Щеки люмпен-пролетария покрывала многодневная щетина, а усы, густые и черные, свалялись и обвисли. Что-то в его внешности было необычным, отталкивающим. Приглядевшись, Голубев заметил, что голова бродяги была приплюснута с двух сторон, будто ее сжимали щипцами. От этого затылок человека был сильно вытянут назад, так что голова его, обросшая длинными черными волосами, напоминала положенное на бок куриное яйцо. Одежда на нем была городская, мокрая, заляпанная, пропахшая мочой, но все же когда-то купленная в магазине не за самую дешевую цену. Его голову покрывал облезлый котиковый картуз, на плечи было наброшено пальто с вытертым барашковым воротником. Шею он кутал в кашне грязно-белого цвета.
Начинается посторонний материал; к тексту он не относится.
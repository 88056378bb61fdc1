//! The parser of declarations.

ghost use Rattle.std.specs.Prelude.{◌≡◌, ◌≤◌, ◌<◌, ◌^◌, ◌+◌, ◌++◌, ◌∷◌, [], None, IfOk, MatchResult, is_some, length};
ghost use Rattle.mit_syntax.specs.Declarations.{declared, elements_in, length_in, AreFew};
ghost use Rattle.mit_parser.specs.declared.fault.ParseFault.TheVariants.{Memory};
ghost use Rattle.mit_parser.specs.Machine.{a_shape, a_declaration, declarations};
ghost use Rattle.mit_parser.specs.State.{with_fault};
ghost use Rattle.mit_parser.specs.Scope.{labels_in, kept};
ghost use Rattle.mit_parser.specs.Faults.{length_fault, declaration_fault, decl_of, written_label, written_length, many_fault, is_bad_size};
ghost use Rattle.mit_parser.specs.Reads.{Refused};
ghost use Rattle.mit_parser.specs.Headers.{IsShape, Declares, IsDeclaration, AreDeclarations, AreVariables};

use crate::fault::ParseFault;
use crate::names::{label_fault, label_or_first};
use crate::parser::Parser;
use indexmap::IndexMap;
use label_lattice::label::Label;
use label_lattice::lattice::Lattice;
use label_lattice::name::Name;
use mit_syntax::declarations::{Decl, MAX_ELEMENTS, MAX_VARIABLES, Variables};
use mit_syntax::token::{Keyword, Sign};
use std::alloc::{AllocError, Global};
use std::marker::Model;
use text_base::pos::Pos;

/// The label and the length that a declaration writes, each with its position.
#[derive(Clone, Copy)]
pub struct Shape {
    pub label: Option<(Name, Pos)>,
    pub length: Option<(i64, Pos)>,
}

/// The declarations so far, and the sum of the lengths of their arrays.
#[derive(Drop)]
pub struct Table {
    entries: IndexMap<Name, Decl>,
    elements: u32,
}

impl Model for Table {
    ghost use Rattle.std.specs.Prelude.{List};
    ghost use Rattle.mit_syntax.specs.Declarations.{Declaration};

    ghost Value = { List Declaration };

    ghost use Rattle.mit_parser.specs.Sums.{entries_of, IsSummed};

    ghost view = { entries_of };

    ghost invariant = { IsSummed };
}

// How much a declaration adds to the lengths of arrays.
fn length_of(length: Option<u32>) -> u32
    ensures { result ≡ length_in length }
{
    match length {
        None => 0,
        Some(length) => length,
    }
}

// Whether a length is 0, or too much beside this many elements.
fn is_bad_size(length: i64, elements: u32) -> bool
    requires { elements ≤ MAX_ELEMENTS }
    ensures { result ≡ is_bad_size length elements }
{
    length <= 0 || length > i64::from(MAX_ELEMENTS - elements)
}

impl Table {
    fn new(alloc: Global) -> Table
        ensures { result ≡ [] }
    {
        Table {
            entries: IndexMap::new(alloc),
            elements: 0,
        }
    }

    // Says nothing at run time: what is true of every table.
    fn laws(&self)
        ensures { elements_in self.now ≤ MAX_ELEMENTS }
    {
        let _ = &self.elements;
    }

    fn len(&self) -> usize
        ensures { result ≡ length self.now }
    {
        self.entries.len()
    }

    fn is_declared(&self, name: &Name) -> bool
        ensures { result ≡ is_some (declared self.now name.now) }
    {
        self.entries.get_index_of(name).is_some()
    }

    fn length_fault(&self, length: Option<(i64, Pos)>) -> Option<ParseFault>
        ensures { result ≡ length_fault self.now length }
    {
        match length {
            None => None,
            Some((length, pos)) => {
                if is_bad_size(length, self.elements) {
                    Some(ParseFault::Size(pos))
                } else {
                    None
                }
            }
        }
    }

    // What is wrong with a declaration after these.
    fn fault(
        &self,
        lattice: &Option<Lattice>,
        name: &Name,
        pos: Pos,
        shape: &Shape,
    ) -> Option<ParseFault>
        ensures { result ≡ declaration_fault (labels_in lattice.now) self.now name.now pos shape.now.label shape.now.length }
    {
        if self.is_declared(name) {
            return Some(ParseFault::Twice(pos));
        }
        if let Some(fault) = self.length_fault(shape.length) {
            return Some(fault);
        }
        match &shape.label {
            None => None,
            Some((name, pos)) => label_fault(lattice, name, *pos),
        }
    }

    // A length in which nothing is wrong.
    fn written_length(&self, length: Option<(i64, Pos)>) -> Option<u32>
        requires { length_fault self.now length ≡ None }
        ensures value { result ≡ written_length length }
        ensures few { elements_in self.now + length_in result ≤ MAX_ELEMENTS }
    {
        self.laws();
        match length {
            None => None,
            Some((length, _)) => Some(length as u32),
        }
    }

    fn insert(&mut self, name: Name, decl: Decl) -> Result<(), ParseFault>
        requires absent { declared self.old name ≡ None }
        requires few { elements_in self.old + length_in decl.length ≤ MAX_ELEMENTS }
        ensures { MatchResult result (λ _. self.new ≡ self.old ++ (name, decl) ∷ []) (λ f. f ≡ Memory) }
    {
        self.entries.insert(name, decl)?;
        self.elements += length_of(decl.length);
        Ok(())
    }

    // The declarations, unless there are too many.
    fn into_variables(self, alloc: Global) -> Result<Variables, AllocError>
        ensures { IfOk result (λ v. length self ≤ MAX_VARIABLES → v ≡ self) }
    {
        if self.entries.len() > MAX_VARIABLES as usize {
            return Variables::of(alloc, IndexMap::new(alloc));
        }
        Variables::of(alloc, self.entries)
    }
}

// The label that is written, where one is.
fn written_label(lattice: &Option<Lattice>, label: &Option<(Name, Pos)>) -> Option<Label>
    ensures { result ≡ written_label (labels_in lattice.now) label.now }
{
    match label {
        None => None,
        Some((name, _)) => Some(label_or_first(lattice, name)),
    }
}

impl<'a> Parser<'a> {
    // [ ":" name ] | "[" number "]" ":" name
    fn shape(&mut self) -> Result<Shape, ParseFault>
        ensures { MatchResult result (λ s. IsShape s.label s.length self.old self.new) (Refused a_shape self.old self.new) }
    {
        if self.accept_sign(Sign::LeftSquare)? {
            let length = self.number()?;
            self.sign(Sign::RightSquare)?;
            self.sign(Sign::Colon)?;
            let label = self.name()?;
            return Ok(Shape {
                label: Some(label),
                length: Some(length),
            });
        }
        if !self.accept_sign(Sign::Colon)? {
            return Ok(Shape {
                label: None,
                length: None,
            });
        }
        let label = self.name()?;
        Ok(Shape {
            label: Some(label),
            length: None,
        })
    }

    // Adds a declaration, unless there was a fault of names. What is wrong with it is noted.
    fn declare(
        &mut self,
        lattice: &Option<Lattice>,
        table: &mut Table,
        name: Name,
        pos: Pos,
        shape: Shape,
    ) -> Result<(), ParseFault>
        ensures { MatchResult result (λ _. Declares (labels_in lattice.now) name pos shape.label shape.length table.old table.new self.old self.new)
            (λ f. f ≡ Memory) }
    {
        if self.fault().is_some() {
            return Ok(());
        }
        if let Some(fault) = table.fault(lattice, &name, pos, &shape) {
            self.note(Some(fault));
            return Ok(());
        }
        let decl = Decl {
            label: written_label(lattice, &shape.label),
            length: table.written_length(shape.length),
        };
        table.insert(name, decl)
    }

    // decl = "var" name [ ":" name ] ";" | "var" name "[" number "]" ":" name ";"
    fn declaration(
        &mut self,
        lattice: &Option<Lattice>,
        table: &mut Table,
    ) -> Result<(), ParseFault>
        ensures { MatchResult result (λ _. IsDeclaration (labels_in lattice.now) table.old table.new self.old self.new)
            (Refused a_declaration self.old self.new) }
    {
        self.key(Keyword::Var)?;
        let (name, pos) = self.name()?;
        let shape = self.shape()?;
        self.sign(Sign::Semicolon)?;
        self.declare(lattice, table, name, pos, shape)
    }

    // { decl }
    fn table(&mut self, alloc: Global, lattice: &Option<Lattice>) -> Result<Table, ParseFault>
        ensures { MatchResult result (λ t. AreDeclarations (labels_in lattice.now) t self.old self.new) (Refused declarations self.old self.new) }
    {
        let mut table = Table::new(alloc);
        while self.at_key(Keyword::Var) {
            self.declaration(lattice, &mut table)?;
        }
        Ok(table)
    }

    // That there are more declarations than a program may have is noted.
    fn note_many(&mut self, table: &Table)
        requires { length table.now < 2 ^ 32 }
        ensures { self.new ≡ with_fault self.old (kept self.old.fault (many_fault table.now)) }
    {
        let count = table.len();
        if count > MAX_VARIABLES as usize {
            self.note(Some(ParseFault::TooMany(count as u32)));
        }
    }

    /// { decl }, where these are the labels
    pub fn variables(
        &mut self,
        alloc: Global,
        lattice: &Option<Lattice>,
    ) -> Result<Variables, ParseFault>
        ensures { MatchResult result (λ v. AreVariables (labels_in lattice.now) v self.old self.new) (Refused declarations self.old self.new) }
    {
        self.laws();
        let table = self.table(alloc, lattice)?;
        self.note_many(&table);
        match table.into_variables(alloc) {
            Ok(variables) => Ok(variables),
            Err(_) => Err(ParseFault::Memory),
        }
    }
}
Голубев подумал, что люмпен был из спившихся старших приказчиков или коммивояжеров. Как будто прочитав мысли Голубева, бродяга заговорил, мешая русскую и малороссийскую речь:
— Вы, паныч, не думайте, шо я всегда был босяком. Я на цукерном заводе приход и расход записывал. Тильки жизнь у меня, хоть я и при цукере, с детства была горькая. Мамашу в девицах обманули, обещали под венец, да бросили с обтрепанным подолом. Хотела плод вытравить, не получилось, а при родах мне повивальная бабка голову повредила. Мамаша, царствие ей небесное, женщина была характерная, надо мной, нелюбимым сыном, потиранствовала вволю. Определила в контору, а жалование усе отбирала до полушки, на гулянье али пойти куда — ни-ни, сиди дома. А как она вмерла, так меня словно понесло, захотелось сразу за все отгулять. Стал вести поганую жизнь, пропил все и проигрался в трынку. Запустил руку в кассу, меня отдали под суд. Аблакат Марголин защищал.
— Адвокат Марголин? Арнольд?
— Ну да! Арнольд Давидович, миллионщик, вин самый! — с гордостью подтвердил бродяга. — Он был такой молодой, защищал по назначению. Такой уважительный пан, не гребовал мне руку дать. Речь сказал на суде, аж слезой прошибло! Ей Богу, сам поверил в свою невиновность! Потом мени еще три разу судили, но боле такого аблаката не було.
Бродяга замолк, но желание излить душу пересилило.
— Поверите ли, паныч? — продолжал он. — Судили строго, да не за то. Я грешник, злодей, якого свит не бачил. Креплюсь, креплюсь, потом не выдюжу, побачу якого гарного хлопчика, да и зроблю с ним страшно. Хуже зверя дикого, по справедливости мени следует вбить в грудь осиновый кол. Як мени, гром не разразит, того я не розумию? А судят невиновных, як тот жид Бейлис.
Голубев, присевший на корточки у костра, раздраженно отозвался на последние слова бродяги:
— Да уж, Бейлис невиновен! Откуда тебе знать?
— Мени-то?.. Кому, колы не мени и знати! Тильки не гадал, шо буде такой шум, шо кого-то заарестуют. Не було такого раньше. Выдь, паныч, на Днипро. За газовым заводом полно плотов и барок, а под ними ночуют бездоглядные хлопцы. Никто их не шукает. Про них знае один Днипро… Тильки ответ все равно держать треба, пана Бога не обманешь. Покаяться треба, да острога боюсь… На воле хочу помереть, хоть под дождем, як пес смрадный, тильки на воле… Один конец, вже скоро… — он зашелся в надрывном кашле.